The app provides two ways to input questions:
- Text Input — Type your real-estate question directly using the phone keyboard
- Voice Input — Tap the microphone button to record speech, which is converted to text using Google Speech Recognition. This service works offline if you have downloaded the English language package beforehand.
Once the input text is ready, the question is sent to the FP16-quantized FLAN-T5 model running on-device. The model processes the input and generates a detailed answer specific to the real-estate domain. The answer is then displayed on the screen in real-time.
- The app currently runs FLAN-T5 ONNX inference, but the retained benchmark results include separate Android/Termux-style PyTorch measurements for optimized artifacts.

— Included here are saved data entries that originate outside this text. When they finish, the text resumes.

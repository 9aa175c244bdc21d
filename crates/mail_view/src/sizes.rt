// The sizes of the bodies of a message, each found once where several lists show them.
ghost use Rattle.std.specs.Prelude.{◌≡◌, ◌≤◌, All, IfOk, IfSome, IsTrue, length};
ghost use Rattle.mime_type.specs.PartViews.{node_of};
ghost use Rattle.mime_tree.specs.Places.{IsPlaced};
ghost use Rattle.mail_summary.specs.Leaves.{body_bytes};
ghost use Rattle.mail_view.specs.Sizes.{IsSizeOf};
ghost use Rattle.mail_view.specs.Views.{ArePlaced, nodes_of};

use get_args::{NamedPartProperty, NamedProperty, PartProperty, Property, Wanted};
use jm_base::NoMemory;
use mime_codec::{Coding, count_decoded};
use mime_type::Part;
use std::alloc::Global;

/// How many bytes the body between two byte offsets encodes.
#[derive(Clone, Copy)]
pub(crate) struct BodySize {
    pub coding: Coding,
    pub body: u64,
    pub end: u64,
    pub size: u64,
}

// Returns the size of a part's body.
fn build_body_size(bytes: &[u8], part: &Part) -> BodySize
    requires { IsPlaced (length bytes.now) (node_of part.now) }
    ensures { IsSizeOf bytes.now result }
{
    let body = &bytes[part.body as usize..part.end as usize];
    BodySize {
        coding: part.coding,
        body: part.body,
        end: part.end,
        size: count_decoded(part.coding, body),
    }
}

// Returns the sizes of the leaves among some parts, in order.
fn list_sizes(alloc: Global, bytes: &[u8], parts: &[&Part]) -> Result<Vec<BodySize>, NoMemory>
    requires { ArePlaced (length bytes.now) (nodes_of parts.now) }
    ensures { IfOk result (λ sizes. All (IsSizeOf bytes.now) sizes.items) }
{
    let mut sizes = Vec::new(alloc);
    for part in parts {
        if part.number.is_none() {
            continue;
        }
        sizes.push(build_body_size(bytes, part))?;
    }
    Ok(sizes)
}

fn shows_structure(properties: &[NamedProperty]) -> bool {
    for asked in properties {
        if let Property::BodyStructure = asked.property {
            return true;
        }
    }
    false
}

fn shows_size(properties: &[NamedPartProperty]) -> bool {
    for asked in properties {
        if let PartProperty::Size = asked.property {
            return true;
        }
    }
    false
}

/// Returns the sizes of the leaves of a message if all of them are shown, and none if perhaps only
/// some are.
pub(crate) fn collect_shown_sizes(
    alloc: Global,
    bytes: &[u8],
    parts: &[&Part],
    wanted: &Wanted,
) -> Result<Vec<BodySize>, NoMemory>
    requires { ArePlaced (length bytes.now) (nodes_of parts.now) }
    ensures { IfOk result (λ sizes. All (IsSizeOf bytes.now) sizes.items) }
{
    if shows_structure(wanted.properties.as_slice()) && shows_size(wanted.parts.as_slice()) {
        return list_sizes(alloc, bytes, parts);
    }
    Ok(Vec::new(alloc))
}

fn is_same(a: Coding, b: Coding) -> bool
    ensures { IsTrue result → a ≡ b }
{
    match a {
        Coding::Plain => matches!(b, Coding::Plain),
        Coding::Quoted => matches!(b, Coding::Quoted),
        Coding::Base64 => matches!(b, Coding::Base64),
        Coding::Unknown => matches!(b, Coding::Unknown),
    }
}

// Returns the size if it is that of this part's body.
fn find_known_size(_bytes: &[u8], known: &BodySize, part: &Part) -> Option<u64>
    requires { IsSizeOf _bytes.now known.now }
    ensures value { IfSome result (λ n. n ≡ length (body_bytes _bytes.now (node_of part.now))) }
    ensures within { IfSome result (λ n. n ≤ length _bytes.now) }
{
    if known.body == part.body && known.end == part.end && is_same(known.coding, part.coding) {
        return Some(known.size);
    }
    None
}

/// Returns the size of a leaf's body, if it is known: that of the leaf with number 1 is the first.
pub(crate) fn find_size(bytes: &[u8], sizes: &[BodySize], part: &Part) -> Option<u64>
    requires { All (IsSizeOf bytes.now) sizes.now }
    ensures value { IfSome result (λ n. n ≡ length (body_bytes bytes.now (node_of part.now))) }
    ensures within { IfSome result (λ n. n ≤ length bytes.now) }
{
    let number = part.number?;
    if number == 0 || number > sizes.len() as u64 {
        return None;
    }
    find_known_size(bytes, &sizes[(number - 1) as usize], part)
}
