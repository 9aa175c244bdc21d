// The parts of a message in walk order, and views of some of them (RFC 8621, section 4.1.4).
ghost use Rattle.std.specs.Prelude.{◌≡◌, ◌++◌, All, IfOk, OnOk, length, option_map};
ghost use Rattle.mime_tree.specs.PartLimit.{walked};
ghost use Rattle.mime_type.specs.PartTrees.{none};
ghost use Rattle.mime_type.specs.PartViews.{joined, node_of, part_before};
ghost use Rattle.mail_summary.specs.Leaves.{is_number};
ghost use Rattle.mail_view.specs.Parts.{leaves_among, part_numbered};
ghost use Rattle.mail_view.specs.Sizes.{IsSizeOf};
ghost use Rattle.mail_view.specs.Views.{ArePlaced, nodes_of};

use crate::part::{Showing, write_leaf};
use jm_base::NoMemory;
use jm_json::Items;
use mime_type::Part;
use std::alloc::Global;

// Adds a part and those within it. Multiparts nest at most `MAX_MULTIPART_LEVELS` deep.
#[cycle(walk)]
fn add_part<'a>(walk: &mut Vec<&'a Part>, part: &'a Part) -> Result<(), NoMemory>
    ensures { OnOk result (nodes_of walk.new.items
        ≡ nodes_of walk.old.items ++ walked (part_before part.now none)) }
{
    walk.push(part)?;
    add_parts(walk, part.parts.as_slice())
}

#[cycle(walk)]
fn add_parts<'a>(walk: &mut Vec<&'a Part>, parts: &'a [Part]) -> Result<(), NoMemory>
    ensures { OnOk result (nodes_of walk.new.items
        ≡ nodes_of walk.old.items ++ walked (joined parts.now none)) }
{
    for part in parts {
        add_part(walk, part)?;
    }
    Ok(())
}

/// Returns the parts of a tree in walk order: a part before those within it.
pub(crate) fn list_parts<'a>(alloc: Global, root: &'a Part) -> Result<Vec<&'a Part>, NoMemory>
    ensures { IfOk result (λ ps. nodes_of ps.items ≡ walked (part_before root.now none)) }
{
    let mut walk = Vec::new(alloc);
    add_part(&mut walk, root)?;
    Ok(walk)
}

fn is_number(number: u64, own: Option<u64>) -> bool
    ensures { result ≡ is_number number own }
{
    match own {
        Some(own) => own == number,
        None => false,
    }
}

/// Returns the part of a number, or `None` if no leaf has it.
pub(crate) fn find_part<'a>(parts: &[&'a Part], number: u64) -> Option<&'a Part>
    ensures { option_map (λ p. node_of p.now) result ≡ part_numbered (nodes_of parts.now) number }
{
    for part in parts {
        if is_number(number, part.number) {
            return Some(part);
        }
    }
    None
}

/// Returns the views of the leaves of these numbers among the parts of a message.
pub(crate) fn write_leaves(
    alloc: Global,
    showing: &Showing<'_>,
    parts: &[&Part],
    numbers: &[u64],
) -> Result<Items, NoMemory>
    requires placed { ArePlaced (length showing.now.bytes.now) (nodes_of parts.now) }
    requires sizes { All (IsSizeOf showing.now.bytes.now) showing.now.sizes.now }
    ensures { IfOk result (λ ts. ts
        ≡ leaves_among showing.now.bytes.now showing.now.blob.now showing.now.asked.now
        (nodes_of parts.now) numbers.now) }
{
    let mut items = Items::new(alloc);
    for number in numbers {
        let Some(part) = find_part(parts, *number) else {
            continue;
        };
        items.push(write_leaf(alloc, showing, part)?)?;
    }
    Ok(items)
}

- Whisper assets are retained, but the current Android app uses Android speech recognition for microphone input rather than the bundled Whisper models.
- The measured INT8 models preserve better Token F1 but are too slow in the retained benchmark.
- The faster FP16/BF16-style variants need quality debugging before they are useful.
- The benchmark quality scores are low overall, so future work should improve prompt parity, decoding settings, and evaluation data quality.
- Align Android decoding settings with the Python benchmark settings.
- Benchmark the exact ONNX Android app path, not only Android/Termux model artifacts.
- Investigate why FP16/BF16 variants produce near-zero retained Token F1.
- Add an end-to-end scripted smoke test for export -> Android asset validation.
- Evaluate ONNX Runtime execution providers and decoder-with-past usage for latency.
- Decide whether Whisper should be integrated directly or removed from the active scope.